Incorrect Oncology billing and coding owing to out-of-date or invalid codes can result in penalties or criminal prosecution. Inaccuracies, whether intentional or unintentional, will result in claim denials.
How can NEO MD Medical Billing look after their associated Oncology Medical Billing providers?
When it comes to Oncology Billing, NEO MD partners have access to a variety of services. We provide HIPAA-compliant Oncology Medical Billing and Coding. We employ cutting-edge equipment and technology to provide our clients with high-quality services. NEO MD is proud of our Oncology services since we optimize the return on claims while minimizing the risk of errors. Specialized software, billing experts, programmers, and qualified professionals create more substantial revenues than the market.
When compared to other revenue cycle management companies, NEO MD’s Oncology Medical billing services are frequently rated as among the finest in the US. NEO MD also offers medical billing services for small practices, medium-sized and large clinics, respectively. In addition, we provide customized billing services to medical practitioners in all 50 states. Furthermore, the healthcare practices might locate the top Medical Billing company near me to acquire our services.

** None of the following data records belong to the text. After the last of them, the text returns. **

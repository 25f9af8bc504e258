//! All that is said of rules, under one name: the table of rules and how a row is judged (`rule_table`), what is found
//! after a history of snapshots (`rule_history`), looks that spare rules (`rule_clear`), and what a finding's facts show
//! (`rule_evidence`). Each is a crate of its own, and so that a crate above waits for no more than it needs, it names that one.
#![tactic(auto)]

pub use rule_clear::{Clear, Listed, LocalAnswers, LocalRule, Look};
pub use rule_evidence::{
    evidence_is_among, evidence_is_found, evidence_shows, findings_are_evidence,
};
pub use rule_table::{
    Answers, Ask, AskRef, Atom, Both, Bound, BoundRule, Cite, ClearSlots, EntityKey, Fact, FactRef,
    Finding, FindingList, HeadRule, Kind, Mark, NoneClear, PairRule, PairView, PeakRule, PeakView,
    Place, PlaceRef, RuleId, Rules, all_rules, ask_of, cell_of, cites, cites_at, first, head_cites,
    head_slots, head_test, is_in_range, judge_head, judge_heads, judge_mark, judge_rules,
    mark_rules, number_cell, slots, slots_at, test, test_at, test_passes, truth_cell,
};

What Makes NEO MD the Best Revenue Cycle Management Company?
NEOMD stood best among competitor’s Revenue Cycle Management companies due to the following cores;
- Improve RCM system efficiency with a robust credentialing team.
- Our experts work hard to reduce your front-end denials by 20%.
- Increase the accuracy of fees and collection.
- Refunds adjustment and Payment posting to improve the cash flow.
- Out of Network Negotiations.
- Provide fortnightly financial and practice overviews.
- Use the latest technology and tools.
- Offer internal audits to uncover loopholes
- Provide Oncology Medical Billing and collection services that are of high quality and error-free.
- We have consistently increased the collection rate for our clients because of the faster processing of accounts receivable and on-time follow-up.
- Offer Services that are easily scalable at all times.